Mr. Rohit Mukherjee is a Ph.D. candidate at the Indian Institute of Technology (IIT), Kanpur, Uttar Pradesh. He is working on various aspects of condensed matter physics with a focus on the topological transport signatures in strongly correlated systems. He graduated from Ramakrishna Mission Vivekananda Centenary College in Kolkata with a bachelor’s degree and has a master’s degree in physics from IIT Kanpur. In August 2022, Mr. Mukherjee was a visiting student at the Abdus Salam International Centre for Theoretical Physics (ICTP), Trieste, Italy.

Mr. Mukherjee is a teaching volunteer at PRAYAS, an initiative by IITK students to assist underprivileged school children near the university. He also enjoys traveling and meeting new people from different backgrounds and cultures. He is passionate about educating the general public about science and science communication.

As a Fulbright-Nehru Doctoral Research fellow, Mr. Mukherjee is exploring topological spin transport in frustrated magnetic systems, such as spin liquids. A deeper understanding of these exotic states of matter can also shed light on the physics of the pseudo-gap phase in high-temperature superconductors, which is one of the biggest open questions in the field of condensed matter physics as well as fault-tolerant quantum computing.

Shivangi Mittal

Ms. Shivangi Mittal is a Ph.D. candidate at the Department of Chemical Engineering, Indian Institute of Technology, Kanpur, Uttar Pradesh. She works in the domain of rheology and focuses on developing a theoretical and mathematical approach for understanding nonlinear rheological data for complex fluids. She is a recipient of the Prime Minister Research Fellowship from the Government of India that funds her research at IIT Kanpur. She earned her bachelor’s in chemical engineering from Malaviya National Institute of Technology, Jaipur, Rajasthan. She has published in international peer-reviewed journals and presented at several conferences. Apart from research, she is passionate about teaching and is engaged in teaching B.Tech. students at government engineering colleges in Kanpur.
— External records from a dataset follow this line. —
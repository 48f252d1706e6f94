//! A page that is laid out for a pager: its lines, what stands in front of each, and where its sections and their parts begin.

ghost use Rattle.std.specs.Prelude.{◌≡◌, ◌++◌, [], ◌∷◌, IfOk, OnOk, List, ℕ, drop, length, map};
ghost use Rattle.std.specs.List.{flat_map};
ghost use Rattle.mad_blocks.specs.Layouts.{IsLayoutAt};
ghost use Rattle.mad_md.specs.Lines.{contents};
ghost use Rattle.mad_format.specs.declared.line.FmtLine.{FmtLine};
ghost use Rattle.mad_dressing.specs.Dressed.{sections_dressed};
ghost use Rattle.mad_sections.specs.Sections.{section_content};
ghost use Rattle.mad_blocks.specs.Tables.{table_rules};
ghost use Rattle.mad_sections.specs.Unfolded.{unfolded};
ghost use Rattle.mad_pages.specs.Fronts.{front_content};
ghost use Rattle.mad_pages.specs.PagedPages.{AreAdded, ArePartsAdded, IsPagedAt};

use crate::fronts::{Front, push_fronts};
use mad_blocks::{PartCursor, table_rules};
use mad_dressing::Dressed;
use mad_format::{FmtLine, LineSkin};
use mad_md::Text;
use mad_sections::{Section, Unfolded, room_behind, unfold};
use std::alloc::{AllocError, Global};

/// A page that is laid out.
#[derive(Drop)]
pub struct PagedPage<'s> {
    /// The lines of its rows.
    pub lines: Vec<FmtLine<'s>>,
    /// What stands in front of each.
    pub fronts: Vec<Front<'s>>,
    /// The rows in which its sections begin, each with the rule below it, and last the count of all rows. There are as many at each width.
    pub starts: Vec<usize>,
    /// The rows in which the parts of what is shown of them begin, and last the count of all rows. No line of a text goes over two parts.
    pub parts: Vec<usize>,
}

/// A page of these sections, each with what is put into the page with it, at a width in columns, if there is one. Boxes of tasks are of ASCII
/// characters, or not.
///
/// # Errors
///
/// Out of memory is the only error.
pub fn lay_beside<'s, S: LineSkin>(
    alloc: Global,
    skin: &S,
    page: Vec<Dressed<'s>>,
    width: Option<usize>,
    ascii: bool,
) -> Result<PagedPage<'s>, AllocError>
    ensures { IfOk result (λ paged. IsPagedAt (S.rules skin.now) ascii width (map sections_dressed page.entry.items) paged) }
{
    let mut paged = PagedPage::new(alloc)?;
    for dressed in page {
        paged.push_dressed(alloc, dressed, width, ascii, skin)?;
        let count = count_of(&paged.lines);
        paged.starts.push(count)?;
    }
    Ok(paged)
}

impl<'s> PagedPage<'s> {
    // A page without sections.
    fn new(alloc: Global) -> Result<Self, AllocError>
        ensures lines { IfOk result (λ paged. paged.lines.items ≡ []) }
        ensures fronts { IfOk result (λ paged. paged.fronts.items ≡ []) }
        ensures starts { IfOk result (λ paged. paged.starts.items ≡ 0 ∷ []) }
        ensures parts { IfOk result (λ paged. paged.parts.items ≡ 0 ∷ []) }
    {
        let starts = first_start(alloc)?;
        let parts = first_start(alloc)?;
        Ok(PagedPage {
            lines: Vec::new(alloc),
            fronts: Vec::new(alloc),
            starts,
            parts,
        })
    }

    // Puts what is shown of a section behind what is there, and below it the rule, if it has one.
    fn push_dressed<S: LineSkin>(
        &mut self,
        alloc: Global,
        dressed: Dressed<'s>,
        width: Option<usize>,
        ascii: bool,
        skin: &S,
    ) -> Result<(), AllocError>
        ensures added { OnOk result (AreAdded (S.rules skin.now) ascii width (flat_map (unfolded (table_rules (S.rules skin.now)) ascii width) (sections_dressed dressed.entry)) self.old self.new) }
        ensures starts { OnOk result (self.new.starts ≡ self.old.starts) }
    {
        self.push_section(alloc, dressed.section, width, ascii, skin)?;
        match dressed.rule {
            Some(rule) => {
                self.push_section(alloc, rule, width, ascii, skin)?;
                Ok(())
            }
            None => Ok(()),
        }
    }

    // Puts what is shown of a section behind what is there.
    fn push_section<S: LineSkin>(
        &mut self,
        alloc: Global,
        section: Section<'s>,
        width: Option<usize>,
        ascii: bool,
        skin: &S,
    ) -> Result<(), AllocError>
        ensures added { OnOk result (AreAdded (S.rules skin.now) ascii width (unfolded (table_rules (S.rules skin.now)) ascii width (section_content section.entry)) self.old self.new) }
        ensures starts { OnOk result (self.new.starts ≡ self.old.starts) }
    {
        match unfold(alloc, section, width, ascii, table_rules(skin))? {
            Unfolded::Itself(section) => self.push_shown(alloc, section, width, ascii, skin),
            Unfolded::Items(items) => self.push_items(alloc, items, width, ascii, skin),
        }
    }

    // Puts a list's items behind what is there.
    fn push_items<S: LineSkin>(
        &mut self,
        alloc: Global,
        items: Vec<Section<'s>>,
        width: Option<usize>,
        ascii: bool,
        skin: &S,
    ) -> Result<(), AllocError>
        ensures added { OnOk result (AreAdded (S.rules skin.now) ascii width (map section_content items.entry.items) self.old self.new) }
        ensures starts { OnOk result (self.new.starts ≡ self.old.starts) }
    {
        for item in items {
            self.push_shown(alloc, item, width, ascii, skin)?;
        }
        Ok(())
    }

    // Puts a section that isn't unfolded behind what is there.
    fn push_shown<S: LineSkin>(
        &mut self,
        alloc: Global,
        section: Section<'s>,
        width: Option<usize>,
        ascii: bool,
        skin: &S,
    ) -> Result<(), AllocError>
        ensures added { OnOk result (AreAdded (S.rules skin.now) ascii width (section_content section.entry ∷ []) self.old self.new) }
        ensures starts { OnOk result (self.new.starts ≡ self.old.starts) }
    {
        let room = room_behind(section.gutters, width, ascii);
        let above = count_of(&self.lines);
        push_parts(
            alloc,
            &mut self.lines,
            &mut self.parts,
            section.text,
            room.columns,
            skin,
        )?;
        push_fronts(
            &mut self.fronts,
            room.gutters,
            section.fresh,
            section.marks,
            lines_below(&self.lines, above),
        )?;
        Ok(())
    }
}

// Puts the lines of a text, laid out at a width, behind those that are there, and behind the starts of parts those of the parts that come next.
fn push_parts<'s, S: LineSkin>(
    alloc: Global,
    lines: &mut Vec<FmtLine<'s>>,
    starts: &mut Vec<usize>,
    text: Text<'s>,
    width: Option<usize>,
    skin: &S,
) -> Result<(), AllocError>
    ensures { OnOk result (ArePartsAdded (S.rules skin.now) width (contents text.entry) lines.old.items starts.old.items lines.new.items starts.new.items) }
{
    let mut parts = PartCursor::of_text(text);
    'parts: while parts.lay_next(alloc, lines, width, skin)? {
        starts.push(count_of(lines))?;
    }
    Ok(())
}

// The start of the first section alone, or of the first part.
fn first_start(alloc: Global) -> Result<Vec<usize>, AllocError>
    ensures { IfOk result (λ starts. starts.items ≡ 0 ∷ []) }
{
    let mut starts = Vec::new(alloc);
    starts.push(0)?;
    Ok(starts)
}

// The lines behind so many.
fn lines_below<'l, 's>(lines: &'l Vec<FmtLine<'s>>, count: usize) -> &'l [FmtLine<'s>]
    ensures { result.now ≡ drop count lines.now.items }
{
    if count < lines.len() {
        &lines.as_slice()[count..]
    } else {
        &[]
    }
}

// How many lines there are.
fn count_of(lines: &Vec<FmtLine>) -> usize
    ensures { result ≡ length lines.now.items }
{
    lines.len()
}
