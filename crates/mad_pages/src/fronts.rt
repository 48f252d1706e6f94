//! What stands in front of the lines of a page.

ghost use Rattle.std.specs.Prelude.{◌≡◌, ◌++◌, true, OnOk, map};
ghost use Rattle.mad_pages.specs.Fronts.{front_at, front_content, front_of};
ghost use Rattle.mad_pages.specs.PageRows.{behind};

use crate::page_rows::{PageRow, heads_behind, is_head, marks_from, number_behind};
use mad_format::FmtLine;
use mad_mark_runs::MarkRun;
use mad_sections::Gutter;
use std::alloc::AllocError;

/// What stands in front of a row's line.
#[derive(Clone, Copy)]
pub struct Front<'s> {
    /// The gutters that are shown, the outermost first.
    pub gutters: &'s [Gutter],
    /// How many of the last gutters have their first face; the others have their other face.
    pub fresh: usize,
    /// The marks of its section, from the character before the line on.
    pub marks: &'s [MarkRun],
    /// How many counted characters of its section stand before the line.
    pub number: usize,
    /// Whether the line is of the head of a table.
    pub head: bool,
}

/// The front of this number. Past the last one nothing stands in front.
pub fn front_at<'s>(fronts: &[Front<'s>], row: usize) -> Front<'s>
    ensures { front_content result ≡ front_at fronts.now row }
{
    match fronts.get(row) {
        Some(front) => *front,
        None => Front {
            gutters: &[],
            fresh: 0,
            marks: &[],
            number: 0,
            head: false,
        },
    }
}

/// What stands in front of a row's line.
pub fn front_of<'s>(row: &PageRow<'s>) -> Front<'s>
    ensures { result ≡ record { gutters = row.now.gutters; fresh = row.now.fresh; marks = row.now.marks; number = row.now.number; head = row.now.head } }
{
    Front {
        gutters: row.gutters,
        fresh: row.fresh,
        marks: row.marks,
        number: row.number,
        head: row.head,
    }
}

/// Puts what stands in front of the rows of a section behind the fronts that are there. The last `fresh` gutters have their first face in the
/// first row, whose line begins with the first of the marks.
///
/// # Errors
///
/// Out of memory is the only error.
pub(crate) fn push_fronts<'s>(
    fronts: &mut Vec<Front<'s>>,
    gutters: &'s [Gutter],
    fresh: usize,
    marks: &'s [MarkRun],
    lines: &[FmtLine],
) -> Result<(), AllocError>
    ensures { OnOk result (map front_content fronts.new.items ≡ map front_content fronts.old.items ++ map front_of (behind gutters.entry.now fresh marks.entry.now 0 true lines.now)) }
{
    let mut here = fresh;
    let mut left = marks;
    let mut number = 0;
    let mut heads = true;
    for line in lines {
        fronts.push(Front {
            gutters,
            fresh: here,
            marks: left,
            number,
            head: is_head(heads, line),
        })?;
        number = number_behind(left, number, line)?;
        left = marks_from(left, number);
        here = 0;
        heads = heads_behind(heads, line);
    }
    Ok(())
}
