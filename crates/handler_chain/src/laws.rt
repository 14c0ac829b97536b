ghost use Rattle.handler_chain.specs.PathLaw.{FindsKept, FollowsKeep, FollowsRoute, GoesOn, KeepsComplete, KeepsRoute};
ghost use Rattle.handler_chain.specs.Retell.{ResumesAsking, Retells};

// Each of these is a law about the definitions: its contract states it, for those who call it in a
// proof.

/// When a first run of a stack has ended, the return codes of its lines are complete for the stack,
/// and lead to the lines that it ran.
pub fn keeps_complete<S>()
    ensures complete { KeepsComplete S }
    ensures route { KeepsRoute S }
{}

/// A run by complete cached codes runs the lines that these lead to, in order, whatever the modules
/// return now: all of them if it has ended, a prefix of them if it is incomplete. So there is a
/// cached code for each line that it runs.
pub fn follows_route<S>()
    ensures route { FollowsRoute S }
    ensures found { FindsKept S }
{}

/// A run by the codes that a first run cached runs the same lines in the same order.
pub fn follows_keep<S>()
    ensures { FollowsKeep S }
{}

/// An incomplete run is resumed where it was: with the codes that it had as its past, it first has
/// the same lines with the same codes.
pub fn goes_on<S>()
    ensures { GoesOn S }
{}

/// A run that records its lines in a trace is the same as a run in which each line returns what the
/// trace has for it.
pub fn retells<S>()
    ensures { Retells S }
{}

/// Replaying just the return codes of an incomplete run ends at the line that left it incomplete.
pub fn resumes_asking<S>()
    ensures { ResumesAsking S }
{}
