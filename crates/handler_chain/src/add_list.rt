ghost use Rattle.std.specs.Prelude.{◌≡◌, ◌≤◌, ◌+◌, ◌∷◌, ◌++◌, ◌<◌, ◌^◌, length, OnOk, IfOk};
ghost use Rattle.control_words.specs.Stack.{stack_of, lines_in, depth};
ghost use Rattle.handler_chain.specs.FlatLines.{number_of_name};
ghost use Rattle.handler_chain.specs.Flat.{positions_after, AddsList};

use crate::chain_line::ChainLine;
use crate::line_count::line_count;
use control_words::{Node, Nodes, module_name};
use pam_base::{NoMemory, Texts};
use std::alloc::Global;

// The index of the first of several names that is this one.
fn number_of(names: &Texts, wanted: &[u8]) -> Option<u32>
    requires { length names.now < 2 ^ 32 }
    ensures { result ≡ number_of_name wanted.now 0 names.now }
{
    for (i, name) in names.items().iter().enumerate() {
        if name.bytes() == wanted {
            return Some(i as u32);
        }
    }
    None
}

// Adds the positions between the nodes of a list, whose first line has the index `first`.
fn add_positions(positions: &mut Vec<usize>, nodes: &Nodes, first: usize) -> Result<(), NoMemory>
    requires few { first + lines_in (stack_of nodes.now.vec.items) ≤ 4096 }
    ensures { OnOk result (positions.new.items ≡ positions.old.items ++ first
        ∷ positions_after first (stack_of nodes.now.vec.items)) }
{
    positions.push(first)?;
    let mut position = first;
    for node in &nodes.vec {
        position += match node {
            Node::Line(_) => 1,
            Node::Sub(inner) => line_count(inner),
        };
        positions.push(position)?;
    }
    Ok(())
}

/// Adds the lines of a list at a level; n substacks were opened after the last line before it.
pub fn add_list(
    alloc: Global,
    nodes: &Nodes,
    names: &Texts,
    level: u32,
    opens: u32,
    lines: &mut Vec<ChainLine>,
    positions: &mut Vec<usize>,
) -> Result<(), NoMemory>
    requires few { length lines.old.items + lines_in (stack_of nodes.now.vec.items) ≤ 4096 }
    requires numbered { length names.now < 2 ^ 32 }
    requires shallow { level + depth (stack_of nodes.now.vec.items) ≤ 16 }
    requires opens { opens ≤ level }
    ensures added { OnOk result (AddsList names.now level opens
        (stack_of nodes.now.vec.items) lines.old.items lines.new.items positions.old.items
        positions.new.items) }
    ensures counted { OnOk result (length lines.new.items
        ≡ length lines.old.items + lines_in (stack_of nodes.now.vec.items)) }
{
    let mut past_end = positions.len();
    add_positions(positions, nodes, lines.len())?;
    let mut opens = opens;
    let mut left = nodes.vec.len();
    for node in &nodes.vec {
        past_end += 1;
        left -= 1;
        match node {
            Node::Line(rule) => {
                let module_number = number_of(names, module_name(rule.path.bytes()));
                let rule = rule.copied(alloc)?;
                lines.push(ChainLine {
                    rule,
                    module_number,
                    level,
                    opens,
                    left,
                    past_end,
                })?;
                opens = 0;
            }
            Node::Sub(inner) => {
                let before = lines.len();
                add_list(alloc, inner, names, level + 1, opens + 1, lines, positions)?;
                if lines.len() > before {
                    opens = 0;
                }
            }
        }
    }
    Ok(())
}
As a Fulbright-Nehru Doctoral Research fellow, Ms. Mittal is developing the mathematical framework required to analyze thermodynamically out-of-equilibrium systems, or thixotropic materials, that have a time evolving structure and so, produce time-invariant outputs when subjected to oscillatory shear deformations. Her work presents new insights in understanding and defining thixotropy and viscoelasticity through rheological data.

Avijit Maity

Mr. Avijit Maity is a Ph.D. scholar at the Department of Chemistry, Indian Institute of Technology Indore, Indore. His current area of research focuses on physical insight into novel lipid corona formation and its impact on protein corona formation. His research on the underlying mechanism of lipid corona formation on amino acid functionalized gold nanoparticles has been published in several peer-reviewed international journals. He also won the best oral presentation award in the CHEM-In-house Symposium held at IIT Indore, India.

Mr. Maity earned his bachelor’s degree in chemistry from the Vidyasagar University, Midnapore, West Bengal and his master’s degree in chemistry from the Indian Institute of Technology Indore . He was a recipient of the merit cum means scholarship from the Government of West Bengal and IIT Indore during his bachelor’s and master’s degree respectively. In his leisure time, he enjoys spending time with his friends and loves to arrange cultural programs.

As a Fulbright-Nehru Doctoral Research fellow, Mr. Maity is exploring the impact of lipid corona composition on nanoparticle uptake by the cell. The aim of his project is to investigate the extent of the cellular uptake quantitatively when different surface charged lipid and hard-soft lipid corona is present around the nanoparticles. As the research on the lipid corona field is emerging day by day, his advanced research in this topic will provide a new outlook to Nanoscience community.